Кстати, и с Михеем Старостин познакомился не без помощи бывших коллег. Все началось с обычного бандитского наезда. Молодые, дерзкие, голодные бандиты вломились в офис… Нет, еще не концерна, но уже и не мелкой фирмочки. Крики, мат, угрозы, пена на губах… Андрей Михайлович сразу понял – с этими отморозками не договориться добром. Да и незачем с ними договариваться. Такие понимают только силу. Поэтому он сам, без Малышева, который в делах такого рода был совершенно бесполезен, провел переговоры, пообещал что-то невнятное и «забил стрелку», как обычно говорится в этих кругах.
На «стрелке» этих отморозков и повязали ребята из Центра специального назначения, направленные очередным преемником. Повязали предельно жестко, в соответствии с полученными инструкциями. Так, чтобы у рядовых «быков» больше никогда в жизни не возникало желания еще раз посетить тот «нехороший» офис.

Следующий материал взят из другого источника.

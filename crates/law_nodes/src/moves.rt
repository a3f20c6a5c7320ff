//! What may be done with nodes over one committed list, and why it is refused.

ghost use Rattle.std.specs.Prelude.{◌≡◌};

use kr_base::NoMemory;
use kr_calls::Call;
use thiserror::Error;

/// What may be done with nodes over one committed list. A node is named by its number, from 0; times are in milliseconds.
#[derive(Drop)]
pub enum Move {
    /// A node on standby gets the list's batch at its end.
    Feed {
        /// The node.
        node: u32,
    },
    /// A node on standby that has the whole list begins to lead.
    Elect {
        /// The node.
        node: u32,
        /// The epoch of the leadership.
        epoch: i32,
        /// The time.
        now: i64,
    },
    /// A client asks a node.
    Ask {
        /// The node.
        node: u32,
        /// The client's number, which its reply repeats.
        client: u32,
        /// The time.
        now: i64,
        /// What is asked.
        call: Call,
    },
    /// Time goes on for a node.
    Tick {
        /// The node.
        node: u32,
        /// The time.
        now: i64,
    },
    /// The first batch of the latest leader that isn't in the list yet joins it. The node isn't told.
    Settle {
        /// The node.
        node: u32,
    },
    /// A leader is told that what it has in the list is committed.
    Tell {
        /// The node.
        node: u32,
    },
    /// A leader is told that its leadership is over.
    Depose {
        /// The node.
        node: u32,
    },
    /// A node on standby gets the image of another node's closed end, or of its own. No move opens a transaction, so that this is
    /// the committed end.
    Copy {
        /// The node whose image it is.
        from: u32,
        /// The node that gets it.
        to: u32,
    },
}

/// Why a move is refused, which then changes nothing.
#[derive(Clone, Copy, Debug, Drop, PartialEq, Eq, Error)]
pub enum MoveFault {
    /// No node has this number.
    #[error("there is no node {node}, of {count}")]
    NoNode {
        /// The number.
        node: u32,
        /// The number of nodes.
        count: u32,
    },
    /// The node leads.
    #[error("node {node} leads")]
    NotStandby {
        /// The node.
        node: u32,
    },
    /// The node doesn't lead.
    #[error("node {node} doesn't lead")]
    NotLeading {
        /// The node.
        node: u32,
    },
    /// The epoch isn't above each in which a node was elected.
    #[error("epoch {asked} isn't above {greatest}")]
    OldEpoch {
        /// The epoch.
        asked: i32,
        /// The greatest in which a node was elected, at first -1.
        greatest: i32,
    },
    /// The node hasn't the whole list.
    #[error("the node's end is {end}, and the list has {length} items")]
    Behind {
        /// The node's committed end.
        end: i64,
        /// The number of items of the list.
        length: i64,
    },
    /// Another node was elected since.
    #[error("the node leads in epoch {epoch}, the latest is {latest}")]
    NotLatest {
        /// The epoch in which the node leads.
        epoch: i32,
        /// The greatest in which a node was elected.
        latest: i32,
    },
    /// There is nothing to be fed, to be settled or to be told.
    #[error("there is nothing new at {at}")]
    NothingNew {
        /// The number of the list's items where a batch is to be settled, else the node's committed end.
        at: i64,
    },
    /// The image is of an earlier place than the end of the node that would get it.
    #[error("the image is of {offset}, the node's end is {end}")]
    OlderImage {
        /// The image's offset.
        offset: i64,
        /// The node's committed end.
        end: i64,
    },
    #[error("out of memory")]
    NoMemory,
}

impl From<NoMemory> for MoveFault {
    ghost use Rattle.law_nodes.specs.declared.moves.MoveFault.TheVariants as faults;

    ghost from_gives = { λ _ fault. fault ≡ faults.NoMemory };

    fn from(_refused: NoMemory) -> MoveFault {
        MoveFault::NoMemory
    }
}
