/// The rooms for so many callers. NoMemory (4).
pub fn make_rooms<G: PoolNaming, O: Drop>(
    alloc: Global,
    callers: u32,
) -> Result<Rooms<G, O>, PoolError>
    ensures outs { IfOk result (λ r. (r.outs.items ≡ []) × (callers ≤ vec_capacity r.outs)) }
    ensures passes { IfOk result (λ r. (r.passes.items ≡ []) × (suc callers ≤ vec_capacity r.passes)) }
    ensures refused { IfErr result (λ e. e ≡ PoolError.NoMemory) }
{
    let most = callers as usize;
    Ok(Rooms {
        outs: Vec::with_capacity(alloc, most)?,
        passes: Vec::with_capacity(alloc, most + 1)?,
        desk: Arc::new(alloc, Desk::new())?,
    })
}

// A caller: its number, its seat, and what came of its life.
#[derive(Drop)]
struct Caller<G: PoolNaming, W: Task, H, E, K: Keeper, O> {
    who: u32,
    seat: CallerSeat<G, W, H, E, K>,
    out: Option<O>,
}

/// The lives with a new pool, which is then ended.
pub fn lived<
    G: PoolNaming + Send + Sync + 'static,
    V: Send + Drop + 'static,
    W: Task<Output = V> + Send + 'static,
    O: Send + Drop,
    L: Life<Task = W, Out = O> + Sync,
    E: Edge + Send + Sync + 'static,
    K: Reporter + Send + 'static,
    R: Runtime + Clock,
>(
    rt: &R,
    alloc: Global,
    pool: PoolOf<G, Held<W>, E, K>,
    pass: Pass<G>,
    callers: u32,
    rooms: Rooms<G, O>,
    life: &L,
) -> Result<(Vec<O>, K::Report), PoolError>
    requires outs { (rooms.outs.items ≡ []) × (callers ≤ vec_capacity rooms.outs) }
    requires passes { (rooms.passes.items ≡ []) × (suc callers ≤ vec_capacity rooms.passes) }
    requires new { (pass.front ≡ []) × (pass.released ≡ []) }
    ensures outs { IfOk result (λ r. vec_len r.0 ≡ callers) }
    ensures lived { IfOk result (λ r. IsLived (L.leaves life.now (K.terms G.config)) K.RECEIPTS K.told G.config (K.terms G.config) r.0.items r.1) }
    ensures refused { IfErr result (IsUnlived G.config (K.terms G.config)) }
{
    let (pool, last, outs, passes) = match all_lives(rt, alloc, pool, pass, callers, rooms, life) {
        Ok(lives) => lives,
        Err(error) => return Err(error),
    };
    let mut last = last;
    if let Err(error) = shut(rt, &pool, &mut last) {
        pool.let_go();
        return Err(error);
    }
    match close(rt, pool, passes, last) {
        Ok(report) => Ok((outs, report)),
        Err(error) => Err(error),
    }
}

/// The pool and its first pass behind the lives with it, what came of them, and their passes, which are split from the first one. That has
/// room then for all receipts of the pool's end. NoMemory (4) or BookFull (5), where nobody has lived, and the pool is let go.
pub fn all_lives<
    G: PoolNaming + Send + Sync + 'static,
    V: Send + Drop + 'static,
    W: Task<Output = V> + Send + 'static,
    O: Send + Drop,
    L: Life<Task = W, Out = O> + Sync,
    E: Edge + Send + Sync + 'static,
    K: Reporter + Send + 'static,
    R: Runtime + Clock,
>(
    rt: &R,
    alloc: Global,
    pool: PoolOf<G, Held<W>, E, K>,
    pass: Pass<G>,
    callers: u32,
    rooms: Rooms<G, O>,
    life: &L,
) -> Result<(PoolOf<G, Held<W>, E, K>, Pass<G>, Vec<O>, Vec<Pass<G>>), PoolError>
    requires outs { (rooms.outs.items ≡ []) × (callers ≤ vec_capacity rooms.outs) }
    requires passes { (rooms.passes.items ≡ []) × (suc callers ≤ vec_capacity rooms.passes) }
    requires new { (pass.front ≡ []) × (pass.released ≡ []) }
    ensures outs { IfOk result (λ r. vec_len r.2 ≡ callers) }
    ensures place { IfOk result (λ r. vec_len r.3 < vec_capacity r.3) }
    ensures lived { IfOk result (λ r. AreLived (L.leaves life.now (K.terms G.config)) K.RECEIPTS 0 r.2.items r.3.items) }
    ensures room { IfOk result (λ r. 4 ≤ r.1.room) }
    ensures refused { IfErr result (λ e. (e ≡ PoolError.NoMemory) ⊎ (e ≡ PoolError.BookFull)) }
{
    let Rooms { outs, passes, desk } = rooms;
    let mut last = pass;
    let seated = match seats(rt, alloc, &pool, &desk, &mut last, callers) {
        Ok(seated) => seated,
        Err(error) => {
            pool.let_go();
            return Err(error);
        }
    };
    let Some(starter) = staff(rt, &pool, &desk, last) else {
        pool.let_go();
        return Err(PoolError::NoMemory);
    };
    let (outs, passes) = gathered(rt, life, seated, outs, passes);
    desk.close(rt);
    let last = with_room(rt, starter.join(rt));
    Ok((pool, last, outs, passes))
}
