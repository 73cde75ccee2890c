//! `example_texts`: a hundred jobs answer texts.
#![tactic(auto)]

use tp_life::prelude::*;

/// A job that answers a text with its number.
#[derive(Drop)]
struct Text(HostRuntime, u32);

impl Task for Text {
    type Output = String;

    fn run(&mut self, _cancel: &CancelFlag) -> Result<String, u32> {
        format!(in self.0.alloc(); "text {}", self.1).or(Err(1u32))
    }
}

fn main(rt: HostRuntime) -> anyhow::Result<()> {
    let jobs = Vec::from_iter(rt.alloc(), (0..100).map(|number| Text(rt, number)))?;
    let (answers, _) = run_tasks(&rt, rt.alloc(), Config::fixed(4), Defaults, jobs)?;
    for answer in answers {
        println!(&rt; "{}", answer?)?;
    }
    Ok(())
}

Однако главного не калечили. Поваляли в пыли, после чего Старостин пригласил его в свою машину.
– Ты все понял? – Андрей Михайлович кивком указал на разложенных на земле бандитов.
Михей, чьи глаза горели ненавистью, только засопел громче и отвернулся.
– Я не слышу ответа! – повысил голос Старостин. – Ты все понял?!
– Понял, – прохрипел бандит, глядя в сторону. – Кончай лечить. Закрывай, командир. Но только помни – я ведь выйду…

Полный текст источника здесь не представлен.